╭─ DATA RECORDS

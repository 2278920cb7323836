// One pass over the list for a block: the first row that names a pair of the block once more.
ghost use Rattle.vetting.specs.work.Repeats.{Repeatable, Repeats};

use crate::bits::clear;
use crate::lines::admit;
use numbers::two;

// Of the first r rows, each of which names two nodes, lower first; r where none of them repeats a pair. The set then
// has the pairs of the block that the rows before it name. No Option: the result is how many rows are good so far,
// which the next block's pass takes as its r.
pub(crate) fn first_repeat(
    list: &[u8],
    r: usize,
    n: usize,
    from: usize,
    end: usize,
    bits: &mut [u64; 16384],
) -> usize
    requires { Repeatable list.now n from end r }
    ensures { Repeats list.now n from end r result bits.new }
{
    clear(bits);
    for i in 0..r {
        let a = two(list, 16 * i) as usize;
        let b = two(list, 16 * i + 2) as usize;
        if !admit(bits, a, b, n, from, end) {
            return i;
        }
    }
    r
}
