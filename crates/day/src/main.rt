// Prints what a day log leaves (document 02, §5). The log comes on standard input and is of any size. Each used slot is printed, in order, and where the log is at
// fault, or a line of it is refused, a line with the number and the place.
// What keeps the program from an answer is said on standard error in a line that begins with 'replay: ', by which bin/replay knows: the program's own status is 0
// whatever it says.
#![tactic(auto)]

mod printing;

use bans::BanList;
use logfile::{fail, replay_file};
use octets::part;
use printing::{ROOM, put_day};
use std::io::Print;

// Prints what the log has come to, unless it wasn't read to its end.
fn main(rt: HostRuntime) {
    let mut bans = [0u8; BanList::BANS];
    let r = match replay_file(&mut rt.stdin(), &mut bans) {
        Ok(r) => r,
        Err(why) => return fail(&rt.stderr(), b"replay: standard input", why),
    };
    let mut text = [0u8; ROOM];
    let n = put_day(r.head, &bans, r.number, r.place, &mut text);
    if let Err(why) = rt.write_all(part(&text, 0, n)) {
        fail(&rt.stderr(), b"replay: standard output", why);
    }
}
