// What is printed.
ghost use Rattle.std.specs.Prelude.{◌≡◌, length};
ghost use Rattle.octets.specs.Private.Additions.{Adds, AtFront};
ghost use Rattle.table.specs.Network.{network_of, table_with};
ghost use Rattle.day.specs.Printing.{refusal_line, day_text, day_room};

use bans::BanList;
use listing::{LISTING_LIMIT, write_listing};
use octets::decimals::put_decimal;
use octets::put;
use refusal::ACCEPTED;
use table::Head;

// Room for the line of a refusal: a number and a place of twenty digits at most, a SPACE and LF.
const REFUSAL: usize = 42;

// Room for all that is printed.
pub(crate) const ROOM: usize = LISTING_LIMIT + REFUSAL;

// Adds the line of number and place, if there is a number.
fn put_refusal(out: &mut [u8], at: usize, number: u8, place: u64) -> usize
    ensures { Adds out.old at out.new result (refusal_line number place) }
{
    if number == ACCEPTED {
        return at;
    }
    let numbered = put_decimal(out, at, number as u64);
    let spaced = put(out, numbered, b" ");
    let placed = put_decimal(out, spaced, place);
    put(out, placed, b"\n")
}

// Puts the lines of every used slot, and that of a refusal.
pub(crate) fn put_day(
    t: Head,
    bans: &[u8; BanList::BANS],
    number: u8,
    place: u64,
    out: &mut [u8],
) -> usize
    requires { length out.old ≡ day_room }
    ensures { AtFront out.new result (day_text (network_of (table_with t bans.now)) number place) }
{
    let listed = write_listing(t, bans, out);
    put_refusal(out, listed.len, number, place)
}
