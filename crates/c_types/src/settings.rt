// Settings as C passes them.
ghost use Rattle.std.specs.Prelude.{◌≡◌};
ghost use Rattle.c_types.specs.Settings.{settings_from_c, settings_to_c};

use colormapper::MappingConfig;

// The last three are flags, 0 or 1. The low colour counts where `has_low` is 1, the high colour where `has_high` is.
#[repr(C)]
#[derive(Clone, Copy)]
pub struct LegendSettings {
    pub nodata_color: u32,
    pub low_color: u32,
    pub high_color: u32,
    pub has_low: u32,
    pub has_high: u32,
    pub zero_is_nodata: u32,
}

#[tactic(auto, unfolding(crate::specs::Settings::settings_from_c))]
pub fn settings_from_c(settings: LegendSettings) -> MappingConfig
    ensures { result ≡ settings_from_c settings }
{
    MappingConfig {
        nodata_color: settings.nodata_color,
        out_of_range_low_color: colormapper::color_if(settings.has_low, settings.low_color),
        out_of_range_high_color: colormapper::color_if(settings.has_high, settings.high_color),
        zero_is_nodata: settings.zero_is_nodata == 1,
    }
}

// The other way: the colour 0 where none is given.
#[tactic(auto, unfolding(crate::specs::Settings::settings_to_c))]
pub fn settings_to_c(config: MappingConfig) -> LegendSettings
    ensures { result ≡ settings_to_c config }
{
    let low = config.out_of_range_low_color;
    let high = config.out_of_range_high_color;
    LegendSettings {
        nodata_color: config.nodata_color,
        low_color: low.unwrap_or(0),
        high_color: high.unwrap_or(0),
        has_low: colormapper::given_flag(low),
        has_high: colormapper::given_flag(high),
        zero_is_nodata: colormapper::flag_of(config.zero_is_nodata),
    }
}
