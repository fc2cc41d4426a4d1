// Answers, settings and nodata values as C has them (include/legend.h), as `repr(C)` structs and numbers, and what is refused of flags and
// kinds before any rule is asked.
#![tactic(auto)]

pub mod answer;
pub mod refusals;
pub mod samples;
pub mod settings;
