// A nodata value beside its flag. One of another type is converted as a sample first.
ghost use Rattle.std.specs.Prelude.{◌≡◌};
ghost use Rattle.c_types.specs.Samples.{nodata_if};

pub fn nodata_if(given: u32, value: f32) -> Option<f32>
    ensures { result ≡ nodata_if given value }
{
    (given == 1).then_some(value)
}
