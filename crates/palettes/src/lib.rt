// Palettes (docs/RULES.md, "Colours and ramps"): one table of colours, with an offset and a length for each number.
#![tactic(auto)]

mod table;

ghost use Rattle.std.specs.Prelude.{◌≡◌, ◌<◌, length, get_or};
ghost use Rattle.lists.specs.Padded.{padded};
ghost use Rattle.palettes.specs.Palettes.{palette, palette_table, offset};
ghost use Rattle.palettes.specs.Asked.{preset_refusal, palette_of};

use refusal::Refusal;
use table::{COLORS, LENGTHS, OFFSETS};

// A palette's colours: the first `count`, and 0 from there on.
#[derive(Clone, Copy)]
pub struct Palette {
    pub colors: [u32; 12],
    pub count: usize,
}

// The colours of a palette's number.
#[tactic(auto, unfolding(crate::specs::Asked::palette_of))]
pub fn palette_of(number: usize) -> Result<Palette, Refusal>
    ensures { result ≡ palette_of number }
{
    preset_refusal(number)?;
    Ok(Palette {
        colors: palette_colors(number),
        count: palette_length(number),
    })
}

#[tactic(auto, unfolding(crate::specs::Asked::preset_refusal))]
fn preset_refusal(number: usize) -> Result<(), Refusal>
    ensures { result ≡ preset_refusal number }
{
    if number > 31 {
        return Err(Refusal::NoSuchPalette);
    }
    Ok(())
}

fn palette_colors(number: usize) -> [u32; 12]
    ensures { result ≡ padded 0 12 (palette number) }
{
    let mut colors = [0u32; 12];
    for i in 0..12 {
        colors[i] = palette_color(number, i);
    }
    colors
}

// One colour of a palette, 0 beyond its end and for no palette.
pub fn palette_color(number: usize, index: usize) -> u32
    ensures { result ≡ get_or (palette number) index 0 }
{
    if index >= palette_length(number) {
        return 0;
    }
    table_color(offset_of(number) + index)
}

// Where a palette begins in the table.
fn offset_of(number: usize) -> usize
    requires { number < 32 }
    ensures { result ≡ offset number }
{
    OFFSETS[number]
}

fn table_color(at: usize) -> u32
    requires { at < 304 }
    ensures { result ≡ get_or palette_table at 0 }
{
    COLORS[at]
}

// How many colours a palette has, 0 for no palette.
pub fn palette_length(number: usize) -> usize
    ensures { result ≡ length (palette number) }
{
    if number > 31 {
        return 0;
    }
    LENGTHS[number]
}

╰─

| EXERCISE INSTRUCTIONS |
Copy each line in the data that holds the word "lines".

| EXERCISE RESPONSE |
use crate::lines::admit;
// Puts the lines of every used slot, and that of a refusal.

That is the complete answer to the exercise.